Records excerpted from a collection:
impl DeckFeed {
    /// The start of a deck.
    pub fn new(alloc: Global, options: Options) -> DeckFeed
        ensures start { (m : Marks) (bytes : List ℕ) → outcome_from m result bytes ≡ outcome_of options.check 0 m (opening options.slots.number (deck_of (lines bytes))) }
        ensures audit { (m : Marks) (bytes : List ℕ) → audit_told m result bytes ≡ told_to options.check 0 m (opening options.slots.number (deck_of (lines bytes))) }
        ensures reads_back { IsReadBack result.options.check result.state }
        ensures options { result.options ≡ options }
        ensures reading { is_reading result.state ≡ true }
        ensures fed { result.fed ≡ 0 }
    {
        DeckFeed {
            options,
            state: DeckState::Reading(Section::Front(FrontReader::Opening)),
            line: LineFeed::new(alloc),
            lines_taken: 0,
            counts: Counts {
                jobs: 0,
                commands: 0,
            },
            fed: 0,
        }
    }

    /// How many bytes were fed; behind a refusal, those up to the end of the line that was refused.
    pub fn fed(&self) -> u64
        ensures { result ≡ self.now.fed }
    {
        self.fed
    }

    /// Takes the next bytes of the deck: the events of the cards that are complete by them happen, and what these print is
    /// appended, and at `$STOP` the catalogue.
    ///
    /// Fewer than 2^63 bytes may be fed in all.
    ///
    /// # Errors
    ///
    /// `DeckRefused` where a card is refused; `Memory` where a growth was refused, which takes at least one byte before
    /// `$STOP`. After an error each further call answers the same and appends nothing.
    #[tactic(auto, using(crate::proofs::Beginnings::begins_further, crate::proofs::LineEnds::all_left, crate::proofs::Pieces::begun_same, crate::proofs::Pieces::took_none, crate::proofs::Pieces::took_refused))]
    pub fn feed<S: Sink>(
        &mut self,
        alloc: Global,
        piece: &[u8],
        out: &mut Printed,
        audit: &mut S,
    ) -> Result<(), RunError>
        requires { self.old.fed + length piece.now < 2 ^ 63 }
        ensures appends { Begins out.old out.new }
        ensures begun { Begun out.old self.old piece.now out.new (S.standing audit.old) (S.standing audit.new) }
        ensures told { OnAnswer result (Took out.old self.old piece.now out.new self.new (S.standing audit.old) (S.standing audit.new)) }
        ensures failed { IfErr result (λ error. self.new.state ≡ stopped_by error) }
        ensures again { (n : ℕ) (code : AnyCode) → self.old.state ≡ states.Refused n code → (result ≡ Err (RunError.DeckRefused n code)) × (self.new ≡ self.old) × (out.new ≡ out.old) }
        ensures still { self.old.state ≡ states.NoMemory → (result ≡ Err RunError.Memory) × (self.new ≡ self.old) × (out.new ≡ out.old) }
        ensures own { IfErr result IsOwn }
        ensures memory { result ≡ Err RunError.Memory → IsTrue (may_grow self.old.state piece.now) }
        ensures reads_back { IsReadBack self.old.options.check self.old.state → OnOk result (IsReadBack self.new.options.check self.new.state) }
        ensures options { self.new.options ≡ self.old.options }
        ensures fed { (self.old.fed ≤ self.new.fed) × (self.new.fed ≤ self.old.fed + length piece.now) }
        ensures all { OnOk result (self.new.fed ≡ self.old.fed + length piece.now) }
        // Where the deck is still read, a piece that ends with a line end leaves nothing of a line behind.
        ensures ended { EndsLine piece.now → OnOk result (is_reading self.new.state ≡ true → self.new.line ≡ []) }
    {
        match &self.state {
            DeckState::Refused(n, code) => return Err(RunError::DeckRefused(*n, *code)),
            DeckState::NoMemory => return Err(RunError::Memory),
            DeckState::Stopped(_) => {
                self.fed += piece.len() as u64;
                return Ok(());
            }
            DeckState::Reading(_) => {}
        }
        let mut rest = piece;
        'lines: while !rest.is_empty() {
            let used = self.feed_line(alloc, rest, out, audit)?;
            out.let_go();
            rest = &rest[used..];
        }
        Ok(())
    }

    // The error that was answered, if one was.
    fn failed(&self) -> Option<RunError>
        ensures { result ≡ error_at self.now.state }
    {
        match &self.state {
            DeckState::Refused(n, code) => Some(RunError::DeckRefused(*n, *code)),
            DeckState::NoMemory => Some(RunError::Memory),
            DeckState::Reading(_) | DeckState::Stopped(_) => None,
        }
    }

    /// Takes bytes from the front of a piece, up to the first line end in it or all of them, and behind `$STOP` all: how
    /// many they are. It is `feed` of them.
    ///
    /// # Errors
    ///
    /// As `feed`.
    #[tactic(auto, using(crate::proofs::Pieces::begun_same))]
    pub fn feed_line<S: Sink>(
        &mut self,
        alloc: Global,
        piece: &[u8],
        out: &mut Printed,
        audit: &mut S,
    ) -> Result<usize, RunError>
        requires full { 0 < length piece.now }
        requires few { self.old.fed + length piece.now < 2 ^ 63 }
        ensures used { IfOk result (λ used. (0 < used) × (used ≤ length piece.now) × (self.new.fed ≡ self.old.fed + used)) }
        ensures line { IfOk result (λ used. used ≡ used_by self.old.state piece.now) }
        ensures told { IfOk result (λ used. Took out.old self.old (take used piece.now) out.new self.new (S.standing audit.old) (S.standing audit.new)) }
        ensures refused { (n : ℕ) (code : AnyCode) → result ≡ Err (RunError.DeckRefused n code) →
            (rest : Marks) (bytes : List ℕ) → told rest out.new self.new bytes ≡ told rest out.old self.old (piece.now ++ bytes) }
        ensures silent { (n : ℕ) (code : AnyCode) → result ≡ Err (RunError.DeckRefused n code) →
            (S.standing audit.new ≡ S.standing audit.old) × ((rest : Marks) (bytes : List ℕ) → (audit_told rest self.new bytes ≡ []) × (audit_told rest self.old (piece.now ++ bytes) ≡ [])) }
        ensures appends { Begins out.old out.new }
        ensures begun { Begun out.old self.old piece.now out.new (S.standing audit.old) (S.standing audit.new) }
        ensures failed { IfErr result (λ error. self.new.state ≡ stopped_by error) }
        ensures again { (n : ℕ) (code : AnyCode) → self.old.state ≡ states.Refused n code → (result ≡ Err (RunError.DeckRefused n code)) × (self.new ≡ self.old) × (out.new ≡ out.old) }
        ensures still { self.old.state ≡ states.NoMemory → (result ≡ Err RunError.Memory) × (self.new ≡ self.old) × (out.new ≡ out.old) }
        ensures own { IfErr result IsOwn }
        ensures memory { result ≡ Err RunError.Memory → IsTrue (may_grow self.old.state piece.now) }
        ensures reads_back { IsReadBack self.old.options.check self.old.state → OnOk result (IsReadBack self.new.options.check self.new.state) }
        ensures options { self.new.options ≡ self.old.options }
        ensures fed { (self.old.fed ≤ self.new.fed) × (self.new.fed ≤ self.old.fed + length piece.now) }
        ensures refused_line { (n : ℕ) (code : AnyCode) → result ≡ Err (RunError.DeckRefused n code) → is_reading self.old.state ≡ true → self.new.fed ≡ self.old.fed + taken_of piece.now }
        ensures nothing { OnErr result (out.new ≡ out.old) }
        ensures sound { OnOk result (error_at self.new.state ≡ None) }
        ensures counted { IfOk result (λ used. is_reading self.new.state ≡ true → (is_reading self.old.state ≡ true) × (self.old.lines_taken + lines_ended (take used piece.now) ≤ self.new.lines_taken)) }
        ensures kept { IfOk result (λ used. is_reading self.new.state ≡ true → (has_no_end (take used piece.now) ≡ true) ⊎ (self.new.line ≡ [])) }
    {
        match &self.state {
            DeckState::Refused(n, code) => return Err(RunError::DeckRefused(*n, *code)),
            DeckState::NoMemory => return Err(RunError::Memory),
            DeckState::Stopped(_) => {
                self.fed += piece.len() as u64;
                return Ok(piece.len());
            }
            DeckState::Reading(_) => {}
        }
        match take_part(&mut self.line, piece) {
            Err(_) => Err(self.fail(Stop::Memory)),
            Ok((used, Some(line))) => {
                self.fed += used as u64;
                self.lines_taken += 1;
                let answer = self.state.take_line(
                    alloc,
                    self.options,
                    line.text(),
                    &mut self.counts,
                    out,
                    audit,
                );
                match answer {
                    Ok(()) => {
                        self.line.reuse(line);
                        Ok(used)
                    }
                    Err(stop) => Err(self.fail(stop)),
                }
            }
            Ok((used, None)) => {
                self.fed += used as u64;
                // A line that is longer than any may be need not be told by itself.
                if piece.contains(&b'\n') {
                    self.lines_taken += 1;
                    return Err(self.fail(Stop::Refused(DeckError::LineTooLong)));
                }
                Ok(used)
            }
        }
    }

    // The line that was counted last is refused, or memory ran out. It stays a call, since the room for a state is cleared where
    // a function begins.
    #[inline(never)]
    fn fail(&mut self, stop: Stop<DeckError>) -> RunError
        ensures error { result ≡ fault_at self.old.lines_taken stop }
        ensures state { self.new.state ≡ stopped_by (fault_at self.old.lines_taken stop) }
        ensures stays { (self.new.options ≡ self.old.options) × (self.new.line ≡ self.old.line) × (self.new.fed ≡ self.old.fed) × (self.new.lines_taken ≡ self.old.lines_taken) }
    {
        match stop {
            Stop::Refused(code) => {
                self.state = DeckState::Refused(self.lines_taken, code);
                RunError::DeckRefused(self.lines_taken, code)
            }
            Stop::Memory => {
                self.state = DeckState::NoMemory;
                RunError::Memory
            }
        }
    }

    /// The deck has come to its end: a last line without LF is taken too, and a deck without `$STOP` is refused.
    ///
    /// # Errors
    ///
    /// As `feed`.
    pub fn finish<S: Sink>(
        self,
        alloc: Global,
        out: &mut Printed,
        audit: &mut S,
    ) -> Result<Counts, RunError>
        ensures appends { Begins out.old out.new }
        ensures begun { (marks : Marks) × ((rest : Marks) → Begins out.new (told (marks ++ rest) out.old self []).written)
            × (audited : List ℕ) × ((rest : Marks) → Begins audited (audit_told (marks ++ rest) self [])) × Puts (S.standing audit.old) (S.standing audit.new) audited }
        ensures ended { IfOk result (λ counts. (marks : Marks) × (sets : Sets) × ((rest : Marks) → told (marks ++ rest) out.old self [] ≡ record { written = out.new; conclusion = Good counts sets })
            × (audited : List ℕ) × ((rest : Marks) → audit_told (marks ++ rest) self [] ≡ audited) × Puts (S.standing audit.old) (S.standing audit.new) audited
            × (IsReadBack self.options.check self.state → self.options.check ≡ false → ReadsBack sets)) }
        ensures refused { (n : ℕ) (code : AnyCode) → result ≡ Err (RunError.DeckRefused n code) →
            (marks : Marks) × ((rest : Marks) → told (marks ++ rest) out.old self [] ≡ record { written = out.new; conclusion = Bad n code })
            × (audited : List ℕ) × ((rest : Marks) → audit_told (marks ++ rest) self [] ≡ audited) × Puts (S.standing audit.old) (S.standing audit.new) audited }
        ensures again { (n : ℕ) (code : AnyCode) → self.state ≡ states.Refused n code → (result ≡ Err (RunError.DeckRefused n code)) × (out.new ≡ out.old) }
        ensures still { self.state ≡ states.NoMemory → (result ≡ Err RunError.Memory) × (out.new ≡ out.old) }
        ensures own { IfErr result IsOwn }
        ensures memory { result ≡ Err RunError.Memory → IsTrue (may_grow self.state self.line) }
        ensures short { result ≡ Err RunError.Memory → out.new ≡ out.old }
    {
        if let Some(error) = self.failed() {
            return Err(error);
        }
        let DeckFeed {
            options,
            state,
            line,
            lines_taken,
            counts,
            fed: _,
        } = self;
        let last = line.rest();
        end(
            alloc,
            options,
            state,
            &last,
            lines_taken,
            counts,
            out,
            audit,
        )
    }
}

- WORK REQUIRED: Print, from the entries above, the line with "if one was.", the line with "< length piece.now" and all lines between them, exactly and with nothing else.

- EXERCISE RESPONSE:
    // The error that was answered, if one was.
    fn failed(&self) -> Option<RunError>
        ensures { result ≡ error_at self.now.state }
    {
        match &self.state {
            DeckState::Refused(n, code) => Some(RunError::DeckRefused(*n, *code)),
            DeckState::NoMemory => Some(RunError::Memory),
            DeckState::Reading(_) | DeckState::Stopped(_) => None,
        }
    }

    /// Takes bytes from the front of a piece, up to the first line end in it or all of them, and behind `$STOP` all: how
    /// many they are. It is `feed` of them.
    ///
    /// # Errors
    ///
    /// As `feed`.
    #[tactic(auto, using(crate::proofs::Pieces::begun_same))]
    pub fn feed_line<S: Sink>(
        &mut self,
        alloc: Global,
        piece: &[u8],
        out: &mut Printed,
        audit: &mut S,
    ) -> Result<usize, RunError>
        requires full { 0 < length piece.now }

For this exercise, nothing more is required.